If so, the current calibration solution set should be immediately determined to be faulty. This is because a clustered group of flagged antennas creates a “hole” in the station aperture, resulting in an unmodelled beam shape.
- aiv_utils.calibration_utils.gain_solns_to_cal_table(beamformer_table, gain_solns_array, *, n_ant=256, gain_solns_start_channel=64, total_nof_channels=384)
Create a table of gain solutions based on the channels we will beamform.
- Parameters:
beamformer_table (
ndarray) – Beamformer table to use for applying calibration solutions. It should be in the same format as what sps_station.beamformertable returns.gain_solns_array (
ndarray) – A numpy array containing the full gain solutions.
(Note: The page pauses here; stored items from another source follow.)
/// Three applications, each of two tasks on nodes of their own with one message between them, for rounds of one slot.
pub(crate) fn three_messages(alloc: Global) -> Result<String, Fail> {
    let mut file =
        "slots = 1\nround = 50\ngap = 100\nhost = \"n0\"\nnodes = [\"n0\", \"n1\", \"n2\", \"n3\", \"n4\", \"n5\"]\n[[mode]]\nname = \"run\"\n".to_string(
            alloc,
        )?;
    let app =
        "[[mode.app]]\nname = \"aX\"\nperiod = 100\ndeadline = 100\n[[mode.app.task]]\nname = \"sX\"\nnode = \"nX\"\nwcet = 1\n[[mode.app.task]]\nname = \"cX\"\nnode = \"nY\"\nwcet = 1\n[[mode.app.message]]\nname = \"mX\"\nfrom = [\"sX\"]\nto = [\"cX\"]\n";
    for (first, second) in [("0", "1"), ("2", "3"), ("4", "5")] {
        let named = app.replace(alloc, "X", first)?;
        let placed = named.as_str().replace(alloc, "Y", second)?;
        file.push_str(placed.as_str())?;
    }
    Ok(file)
}

#[test]
fn slots_short(rt: HostRuntime) -> Result<(), Fail> {
    let file = three_messages(rt.alloc())?;
    let plan = "ttw 1\nmode run\nrefute 1\nshort\nrefute 2\nshort\nnone\nend\n";
    assert!(rt; plans(rt.alloc(), file.as_str(), "10", (Status::NoSchedule, plan))?);
    Ok(())
}

#[test]
fn second_mode_exceeds_the_budget(rt: HostRuntime) -> Result<(), Fail> {
    let mut file = LOOP.to_string(rt.alloc())?;
    file.push_str(
        "[[mode]]\nname = \"idle\"\n[[mode.app]]\nname = \"lamp\"\nperiod = 1300\ndeadline = 99\n[[mode.app.task]]\nname = \"blink\"\nnode = \"n2\"\nwcet = 100\n",
    )?;
    let exceeded = "budget: mode idle at 14 rounds\n";
    assert!(rt; plans(rt.alloc(), file.as_str(), "13", (Status::Budget, exceeded))?);
    Ok(())
}

/// The status and the text of the words over the mode file `loop.toml` and the plan `loop.ttw`, where the numbered reads fail.
fn answer_of_two(
    alloc: Global,
    words: &[&str],
    file: &str,
    plan: &[u8],
    reads: &[u64],
) -> Result<(Status, Vec<u8>), Fail> {
    let mut list = Vec::new(alloc);
    list.push((
        "loop.toml".to_string(alloc)?,
        file.as_bytes().to_vec(alloc)?,
    ))?;
    list.push(("loop.ttw".to_string(alloc)?, plan.to_vec(alloc)?))?;
    let mut files = MemFiles::make(list, reads.to_vec(alloc)?);
    let mut out = MemSink::make(alloc, 4096, 4096, Vec::new(alloc))?;
    let status = status_of(alloc, words, &mut files, &mut out)?;
    Ok((status, out.bytes().to_vec(alloc)?))
}

/// The status and the text of `check` over a mode file and a plan, where the numbered reads fail.
fn checked(
    alloc: Global,
    file: &str,
    plan: &[u8],
    reads: &[u64],
) -> Result<(Status, Vec<u8>), Fail> {
    answer_of_two(
        alloc,
        &["check", "loop.toml", "loop.ttw"],
        file,
        plan,
        reads,
    )
}

/// Whether `check` of the plan ends with this status and this text.
fn checks(alloc: Global, file: &str, plan: &str, wanted: (Status, &str)) -> Result<bool, Fail> {
    let (status, text) = checked(alloc, file, plan.as_bytes(), &[])?;
    Ok(status == wanted.0 && text.as_slice() == wanted.1.as_bytes())
}

/// A plan of the control loop with 20 lines.
pub(crate) const LOOP_PLAN: &str =
    "ttw 1\nmode run\nrefute 1\nbranch\ncycle 17 2 6\nbranch\ncycle 19 4 11\ncycle 19 18 9 11\ncycle 20 14 16 3\ncycle 18 7 3\nschedule 2\nstart 0 23\ntask sense 21\ntask ctrl 43\ntask act 120\nmessage m1 23 43\nmessage m2 48 120\ntable 1 m2\ntable 2 m1\nend\n";

#[test]
fn check_accepts_and_bad_leaf(rt: HostRuntime) -> Result<(), Fail> {
    let accepted = (Status::Done, "accepted\nmode run rounds 2\n");
    assert!(rt; checks(rt.alloc(), LOOP, LOOP_PLAN, accepted)?);
    let plan = LOOP_PLAN.replace(rt.alloc(), "cycle 17 2 6", "cycle 17 2 7")?;
    let refused = (Status::Plan, "plan: bad leaf line 5\n");
    assert!(rt; checks(rt.alloc(), LOOP, plan.as_str(), refused)?);
    Ok(())
}

/// The control loop, where its first message has this many copies.
pub(crate) fn loop_with_copies(alloc: Global, copies: &str) -> Result<String, Fail> {
    let line = format!(in alloc; "to = [\"ctrl\"]\ncopies = {copies}")?;
    Ok(LOOP.replace(alloc, "to = [\"ctrl\"]", line.as_str())?)
}

/// A plan of the control loop with two copies of its first message.
pub(crate) const DOUBLE_PLAN: &str =
    "ttw 1\nmode run\nrefute 1\nshort\nrefute 2\nbranch\ncycle 19 4 8\nbranch\nbranch\ncycle 23 6 13\ncycle 23 2 22 11 13\ncycle 23 22 11 13\ncycle 24 16 18 8 19\ncycle 24 16 18 5\ncycle 24 14 12 19\nbranch\nbranch\ncycle 23 6 13\ncycle 23 22 11 13\ncycle 23 0 22 11 13\ncycle 23 22 11 13\ncycle 24 16 18 5\ncycle 24 16 18 5 0\nbranch\ncycle 22 9 5\ncycle 20 9 5\ncycle 20 9 5 0\nschedule 3\nstart 0 23 43\ntask sense 21\ntask ctrl 63\ntask act 120\nmessage m1 23 63\nmessage m2 68 120\ntable 1 m2\ntable 2 m1\ntable 3 m1\nend\n";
The expected shape is [channels, antennas, polarisations].n_ant (
int) – The number of antennas in this station.gain_solns_start_channel (
int) – The coarse channel that the gain solutions start attotal_nof_channels (
int) – Total number of channels that the beamformer supports.
- Return type:
- Returns:
A 2D complex valued numpy array containing the gain solutions for each beamformer channel that we will calibrate on with shape [channel, antenna].
- Raises:
ValueError – If beamformer table is illegal or inconsistent.
- aiv_utils.calibration_utils.generate_sky_model_for_itf(vis)
Generate and return a sky-model for ITF with a point source at zenith for given frequency.
- Parameters:
vis (
Dataset) – Visibility dataset for generating the sky-model.- Return type:
Dataset- Returns:
Skymodel Dataset
- aiv_utils.calibration_utils.load_config_data(station_name)
Helper function to load data from the config file and returns it as a dictionary.
- Parameters:
station_name – The name of the station (e.g. s9-2).
- Return type:
- Returns:
A dictionary containing config data.
- aiv_utils.calibration_utils.mask_antennas_by_name(station_name, antenna_names)
Zero out specific antennas in the calibration coefficients by name (e.g. sb01-01).
- aiv_utils.calibration_utils.mask_antennas_by_number(station_name, antennas_tpm_numbering, *, total_nof_channels=384)
Zero out specific antennas in the calibration coefficients by tpm numbering.
- Parameters:
- Raises:
ValueError – If any tango device commands fail.
- Return type:
- aiv_utils.calibration_utils.mask_known_bad_antennas(station_name, *, num_ants_in_tpm=16)
Apply zero calibration to antennas masked or undefined in the telmodel.
- Return type:
- aiv_utils.calibration_utils.reduce_correlations_based_on_antennas(obs_data)
Reduce the correlations in the observation data based on the antenna present in the Telmodel.
E.g. If the station s10-3 has 254 antennas instead of all 256 and this is recorded in Telmodel. This function will modify the obseravtion data to reflect this, changing the number of antennas, number of baselines and correlations to reflect the correct amount of antennas.
- Parameters:
obs_data (
dict[str,Union[str,int,float,ndarray[Any,dtype[TypeVar(_ScalarType_co, bound=generic, covariant=True)]]]]) – Observation data dictionary- Return type:
dict[str,Union[str,int,float,ndarray[Any,dtype[TypeVar(_ScalarType_co, bound=generic, covariant=True)]]]]- Returns:
Reduced observation data dictionary
- aiv_utils.calibration_utils.reset_selection_policy(station_name)
Reset the selection policy so that the most recent stored solution will be used.
- Parameters:
station_name (
str) – Name of the station to apply solutions to.- Raises:
ValueError – If any tango device commands fail.
- Return type:
- aiv_utils.calibration_utils.set_impossible_selection_policy(cal_store)
Set an impossible selection policy so that no calibrations solutions can be found.
The calibration store returns a unity calibration when no solutions are found.
- Parameters:
station_name – Name of the station to apply solutions to.
- Raises:
ValueError – If any tango device commands fail.
- Return type:
- aiv_utils.calibration_utils.sig_phi(freq, sig_m, sig_c, sig_mc)
Calculate uncertainty in phase angle as a function of frequency.